REQUIRED WORK:
Show only those lines of the entries where the string "planned" is found.

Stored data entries
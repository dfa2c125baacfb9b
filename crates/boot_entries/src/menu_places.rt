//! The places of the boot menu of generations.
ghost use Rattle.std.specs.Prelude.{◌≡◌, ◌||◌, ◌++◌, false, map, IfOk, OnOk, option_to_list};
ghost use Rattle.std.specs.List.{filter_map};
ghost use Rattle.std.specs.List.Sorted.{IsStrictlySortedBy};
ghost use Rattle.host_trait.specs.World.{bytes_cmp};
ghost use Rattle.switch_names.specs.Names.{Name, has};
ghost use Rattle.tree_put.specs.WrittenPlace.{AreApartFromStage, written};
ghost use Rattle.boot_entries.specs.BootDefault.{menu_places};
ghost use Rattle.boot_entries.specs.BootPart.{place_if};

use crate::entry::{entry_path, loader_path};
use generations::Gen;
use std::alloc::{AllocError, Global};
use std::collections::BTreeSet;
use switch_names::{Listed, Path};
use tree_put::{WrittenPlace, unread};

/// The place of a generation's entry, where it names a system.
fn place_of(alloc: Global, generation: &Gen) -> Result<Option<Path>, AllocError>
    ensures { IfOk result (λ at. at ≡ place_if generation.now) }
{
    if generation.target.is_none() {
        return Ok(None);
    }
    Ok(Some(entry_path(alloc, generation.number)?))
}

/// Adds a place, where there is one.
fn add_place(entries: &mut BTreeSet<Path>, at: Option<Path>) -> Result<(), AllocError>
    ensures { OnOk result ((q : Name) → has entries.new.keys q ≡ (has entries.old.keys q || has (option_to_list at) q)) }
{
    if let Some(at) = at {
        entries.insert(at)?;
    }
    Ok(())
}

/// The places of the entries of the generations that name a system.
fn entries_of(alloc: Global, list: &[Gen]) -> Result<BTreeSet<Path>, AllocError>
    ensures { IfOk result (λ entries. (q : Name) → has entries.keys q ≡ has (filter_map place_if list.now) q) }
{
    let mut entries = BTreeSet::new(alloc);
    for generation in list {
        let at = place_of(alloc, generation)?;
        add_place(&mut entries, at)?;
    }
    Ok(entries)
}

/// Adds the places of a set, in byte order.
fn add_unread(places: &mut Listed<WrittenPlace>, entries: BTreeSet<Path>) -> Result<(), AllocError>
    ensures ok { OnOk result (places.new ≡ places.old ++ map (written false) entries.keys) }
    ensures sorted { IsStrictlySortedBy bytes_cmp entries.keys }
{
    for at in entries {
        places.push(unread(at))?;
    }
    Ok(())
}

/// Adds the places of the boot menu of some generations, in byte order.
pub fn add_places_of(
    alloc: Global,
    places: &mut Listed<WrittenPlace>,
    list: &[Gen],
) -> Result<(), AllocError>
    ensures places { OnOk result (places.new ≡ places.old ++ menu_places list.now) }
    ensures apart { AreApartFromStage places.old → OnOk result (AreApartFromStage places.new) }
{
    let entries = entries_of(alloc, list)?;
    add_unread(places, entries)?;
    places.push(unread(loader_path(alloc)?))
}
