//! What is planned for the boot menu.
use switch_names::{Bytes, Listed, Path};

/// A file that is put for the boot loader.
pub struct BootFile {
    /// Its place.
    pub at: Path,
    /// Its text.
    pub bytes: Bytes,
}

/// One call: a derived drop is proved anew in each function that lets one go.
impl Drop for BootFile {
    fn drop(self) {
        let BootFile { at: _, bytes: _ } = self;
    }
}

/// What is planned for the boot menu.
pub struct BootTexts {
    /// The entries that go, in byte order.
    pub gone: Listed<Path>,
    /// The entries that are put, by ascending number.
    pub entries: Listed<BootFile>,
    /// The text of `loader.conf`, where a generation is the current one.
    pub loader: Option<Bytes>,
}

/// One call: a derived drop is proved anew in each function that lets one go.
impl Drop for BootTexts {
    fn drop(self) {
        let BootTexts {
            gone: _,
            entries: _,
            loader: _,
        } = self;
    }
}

RESPONSE BELOW:
//! What is planned for the boot menu.
/// What is planned for the boot menu.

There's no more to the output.